Data Protection Modes
Data Guard provides three high-level modes of data protection that you can configure to balance cost, availability, performance, and transaction protection. You can configure the Data Guard environment to maximize data protection, availability, or performance.
This protection mode guarantees that no data loss occurs if the primary database fails. For this level of protection, the redo data that is needed to recover each transaction must be written to both the local online redo log and the standby redo log (used to store redo data received from another database) on at least one standby database before the transaction commits. To ensure that data loss does not occur, the primary database shuts down if a fault prevents it from writing its redo stream to at least one remote standby redo log.
This protection mode provides the highest possible level of data protection without compromising the availability of the primary database. As with maximum protection mode, a transaction does not commit until the redo needed to recover that transaction is written to the local online redo log and to at least one remote standby redo log. Unlike maximum protection mode, the primary database does not shut down if a fault prevents it from writing its redo stream to a remote standby redo log. Instead, the primary database operates in an unsynchronized mode until the fault is corrected and all the gaps in the redo log files are resolved. When all the gaps are resolved and the primary database is synchronized with the standby database, the primary database automatically resumes operating in maximum availability mode.
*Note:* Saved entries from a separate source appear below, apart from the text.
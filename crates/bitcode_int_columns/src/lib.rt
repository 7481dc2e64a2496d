//! The packing and unpacking of integer columns.
#![tactic(auto)]

pub mod column_int;
pub mod pack_ints;
pub mod strict;
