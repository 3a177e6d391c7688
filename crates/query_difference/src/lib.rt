// The bins of a run that lie in the gaps of a certificate (docs/SPECIFICATION.md, 'What one run found alone'): one pass over the run and the certificate's
// fields together.
#![tactic(auto)]

ghost use Rattle.std.specs.Prelude.{◌≤◌, length, take, drop};
ghost use Rattle.field_read.specs.Held.{parts_held};
ghost use Rattle.row_fill.specs.Keeps.{Keeps};
ghost use Rattle.query_difference.specs.Gaps.{in_gaps, Copies};

use field_read::Part;
use refusal::Reason;

// The place in the run and the count of what is written after a copy.
#[derive(Clone, Copy)]
struct Copied {
    place: usize,
    count: usize,
}

// Copies the run's bins from `place` on that are not above `last` to the answers from `count` on.
fn copy_to(
    run: &[u32],
    place: usize,
    last: u32,
    answers: &mut [u32],
    count: usize,
) -> Result<Copied, Reason>
    requires { count ≤ length answers.old }
    ensures { Copies run.now (drop place run.now) last (take count answers.old) answers.old answers.new result }
{
    let mut n = count;
    for at in place..run.len() {
        let x = run[at];
        if last < x {
            return Ok(Copied {
                place: at,
                count: n,
            });
        }
        if n == answers.len() {
            return Err(Reason::AnswersFull);
        }
        answers[n] = x;
        n += 1;
    }
    Ok(Copied {
        place: run.len(),
        count: n,
    })
}

// Writes the bins in the gaps to the answers, in the order of the run. What follows of the certificate after the run's last bin is not read.
pub fn in_gaps(run: &[u32], certificate: &[u8], answers: &mut [u32]) -> Result<usize, Reason>
    ensures { Keeps (in_gaps (parts_held certificate.now) run.now) answers.old answers.new result }
{
    let mut place = 0;
    let mut count = 0;
    let mut at = 0;
    while place < run.len() {
        let Ok(field) = field_read::read_field(certificate, at) else {
            return Ok(count);
        };
        match field.part {
            Part::Gap { last, .. } => {
                let copied = copy_to(run, place, last, answers, count)?;
                place = copied.place;
                count = copied.count;
            }
            Part::Answer { value, .. } => {
                place = insertion_rank::place_after(run, place, value);
            }
        }
        at = field.next;
    }
    Ok(count)
}
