// The calls of the master: the state is taken from the desk, the call is made on what is in use of each buffer, and the state that it
// leaves is put back.
use crate::buffers::{Bench, LINE_BYTES, LINE_WORDS, read_list, used, used_mut};
use crate::forms::Call;
use crate::replies::Reply;
use crate::texts::Text;
use desk::{
    ANSWER, Desk, FRAMES_USED, LIST, MESSAGE_USED, NUMBERS, WORDS_USED, byte, size, state, word,
};
use master::byte::ByteAnswer;
use master::state::State;
use script::rows;
use streams::within;

impl Bench {
    // Makes a call with the numbers of the line at hand.
    pub(crate) fn call(&mut self, call: Call) -> Reply {
        let t = used(self.desk[WORDS_USED], &self.table);
        let frames = used_mut(self.desk[FRAMES_USED], &mut self.frames);
        let lent = used(self.desk[MESSAGE_USED], &self.message);
        let n = self.desk[NUMBERS];
        let value = self.desk[NUMBERS + 1];
        let mut state = state::take(&self.desk);
        let reply = match call {
            Call::Tick => {
                let (next, answer) = state.tick(t, frames, lent);
                state = next;
                Reply::tick(answer)
            }
            Call::Byte => {
                let (next, answer) = state.byte_in(t, frames, byte(n));
                state = next;
                if let Ok(ByteAnswer::Response(bytes)) = answer {
                    put_answer(&mut self.desk, &bytes);
                }
                Reply::byte(answer)
            }
            Call::Write => Reply::done(Text::WRITTEN, state.write(t, frames, word(n), value)),
            Call::Read => Reply::number(Text::VALUE, state.read(t, frames, word(n))),
            Call::Reads => {
                let answer = state.read_array(t, frames, word(n));
                if let Ok(array) = answer {
                    put_answer(&mut self.desk, &array.bytes);
                }
                Reply::read_array(answer)
            }
            Call::Ahead => Reply::number(Text::AHEAD, state.number_ahead(t, word(n))),
            Call::Select => Reply::done(Text::SELECTED, state.select(t, word(n))),
            Call::Status => Reply::status(state.read_status(t)),
            Call::Send => Reply::done(Text::SENDING, state.send(t, byte(n), value)),
            Call::Message => Reply::message(state.message_state(t)),
        };
        state::put(&mut self.desk, state);
        reply
    }

    // Fills the frame bytes, and begins with the fresh state.
    pub(crate) fn fresh(&mut self) -> Reply {
        let t = used(self.desk[WORDS_USED], &self.table);
        let frames = used_mut(self.desk[FRAMES_USED], &mut self.frames);
        let answer = State::start(t, frames);
        if let Ok(fresh) = answer {
            state::put(&mut self.desk, fresh);
        }
        Reply::done(Text::FRESH, answer.map(|_| ()))
    }

    // Writes an array, the bytes that end the line.
    pub(crate) fn write_array(&mut self, line: &[u8]) -> Reply {
        let mut values = [0u8; LINE_BYTES];
        let Some(values) = read_list(line, &self.desk, &mut values) else {
            return Reply::malformed();
        };
        let t = used(self.desk[WORDS_USED], &self.table);
        let frames = used_mut(self.desk[FRAMES_USED], &mut self.frames);
        let mut state = state::take(&self.desk);
        let answer = state.write_array(t, frames, word(self.desk[NUMBERS]), values);
        state::put(&mut self.desk, state);
        Reply::done(Text::WRITTEN, answer)
    }

    // Writes a row, the signals and the values that end the line.
    pub(crate) fn write_row(&mut self, line: &[u8]) -> Reply {
        let mut signals = [0u16; LINE_WORDS];
        let mut values = [0u32; LINE_WORDS];
        let at = size(self.desk[LIST]);
        let Some((signals_read, values_read)) = rows::read(line, at, &mut signals, &mut values)
        else {
            return Reply::malformed();
        };
        let n = within(signals_read, &signals);
        let m = within(values_read, &values);
        let t = used(self.desk[WORDS_USED], &self.table);
        let frames = used_mut(self.desk[FRAMES_USED], &mut self.frames);
        let mut state = state::take(&self.desk);
        let answer = state.write_row(t, frames, &signals[..n], &values[..m]);
        state::put(&mut self.desk, state);
        Reply::row(answer)
    }
}

// Puts the bytes of an answer on the desk.
fn put_answer(desk: &mut Desk, bytes: &[u8; 8]) {
    for (place, &b) in desk[ANSWER..].iter_mut().zip(bytes) {
        *place = u32::from(b);
    }
}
This mode guarantees that no data loss occurs if the primary database fails, but only if a second fault does not prevent a complete set of redo data from being sent from the primary database to at least one standby database.
Maximum Performance (Default)
The default protection mode provides the highest possible level of data protection without affecting the performance of the primary database. This is accomplished by allowing a transaction to commit as soon as the redo data needed to recover that transaction is written to the local online redo log. The primary database’s redo data stream is also written to all ASYNC standby databases and is written asynchronously with respect to the commitment of the transactions that create the redo data.